# Tetra CO2 system no longer available?



## drzoom (Dec 10, 2011)

Hi,

About 12 years ago, I had a Tetra CO2 fertilization system that I really liked but gave to someone with the rest of my setup prior to a move. I've searched around and couldn't find it being sold anywhere. It was comprised of a gas cylinder and valve with a plastic tube attached to an inverted cylinder in the tank. CO2 was just absorbed in the water and I had to refill the cylinder as needed. The only maintenance needed was refilling the cylinder when it ran out and a local aquarium store used to do that for a nominal fee. 
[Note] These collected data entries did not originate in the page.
/// A mark of a device with one unit, and a page behind the last address of unit 0.
#[test]
fn dies_of_another_configuration_are_refused(rt: HostRuntime) -> Result<(), Fail> {
    let config = row_config()?;
    let unit = UnitSpec {
        blocks: 256,
        boot: 1,
        protect: 0,
    };
    let other = Config::new(4, 16, 64, &[unit], [1, 0, 0, 0], 64, 4)?;
    let mut dies = row_dies(rt.alloc())?;
    put(
        &rt,
        dies.as_mut_slice(),
        at(0, 0, 0),
        &mark(&other, (1, 0), None),
    );
    assert!(rt; is_other(scanned(&rt, rt.alloc(), &config, dies.as_mut_slice())));
    put(&rt, dies.as_mut_slice(), at(0, 0, 0), &data(255, 1, (0, 1)));
    assert!(rt; !is_other(scanned(&rt, rt.alloc(), &config, dies.as_mut_slice())));
    put(&rt, dies.as_mut_slice(), at(0, 0, 0), &data(256, 1, (0, 1)));
    assert!(rt; is_other(scanned(&rt, rt.alloc(), &config, dies.as_mut_slice())));
    Ok(())
}

/// The device has regions 0 and 2. A mark of it suits, and so does one of region 0 alone, which was written
/// before there was region 2; a mark of region 1, or of another size of region 0, does not. The first page of
/// region 2 has the index 416: behind 384 blocks and 32 pages of region 0.
#[test]
fn a_mark_of_region_0_alone_suits(rt: HostRuntime) -> Result<(), Fail> {
    let config = with_regions([1, 0, 2, 0])?;
    let mut dies = row_dies(rt.alloc())?;
    put(&rt, dies.as_mut_slice(), at(1, 0, 0), &area(2, 1));
    for (sizes, suits) in [
        ([1, 0, 2, 0], true),
        ([1, 0, 0, 0], true),
        ([1, 1, 0, 0], false),
        ([2, 0, 2, 0], false),
        ([1, 0, 2, 1], false),
    ] {
        let other = with_regions(sizes)?;
        put(
            &rt,
            dies.as_mut_slice(),
            at(0, 0, 0),
            &mark(&other, (1, 0), None),
        );
        match scanned(&rt, rt.alloc(), &config, dies.as_mut_slice()) {
            Ok(found) => assert!(rt;
                suits && says_sizes(&found, sizes) && lies_at(&found, 416, at(1, 0, 0))
            ),
            Err(fault) => assert!(rt; !suits && matches!(fault, OpenFault::OtherConfig)),
        }
    }
    let first = with_regions([1, 0, 0, 0])?;
    put(
        &rt,
        dies.as_mut_slice(),
        at(0, 0, 0),
        &mark(&first, (1, 0), None),
    );
    assert!(rt; is_other(scanned(&rt, rt.alloc(), &first, dies.as_mut_slice())));
    Ok(())
}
If this is no longer offered, are there similar alternatives that are simple and easy to live with solutions out there? This would be for a "planned" 55 gallon planted set up.

Thanks!


----------



## debisbooked (Jan 7, 2012)

drzoom said:


> Hi,
> 
> About 12 years ago, I had a Tetra CO2 fertilization system that I really liked but gave to someone with the rest of my setup prior to a move. I've searched around and couldn't find it being sold anywhere. It was comprised of a gas cylinder and valve with a plastic tube attached to an inverted cylinder in the tank. CO2 was just absorbed in the water and I had to refill the cylinder as needed. The only maintenance needed was refilling the cylinder when it ran out and a local aquarium store used to do that for a nominal fee.
> 
> ...


The Aquarium Guys site have something similar. Aquarium CO2 Systems & CO2 Reactors

I don't think the Tetra brand of co2 is readily available in the US anymore, maybe because the demand is not there- it seems to be still available in Europe though. I would think that over time these types would be more expensive than buying the refillable tank and regulators, etc. DIY types are usually used on smaller tanks than a 55.


----------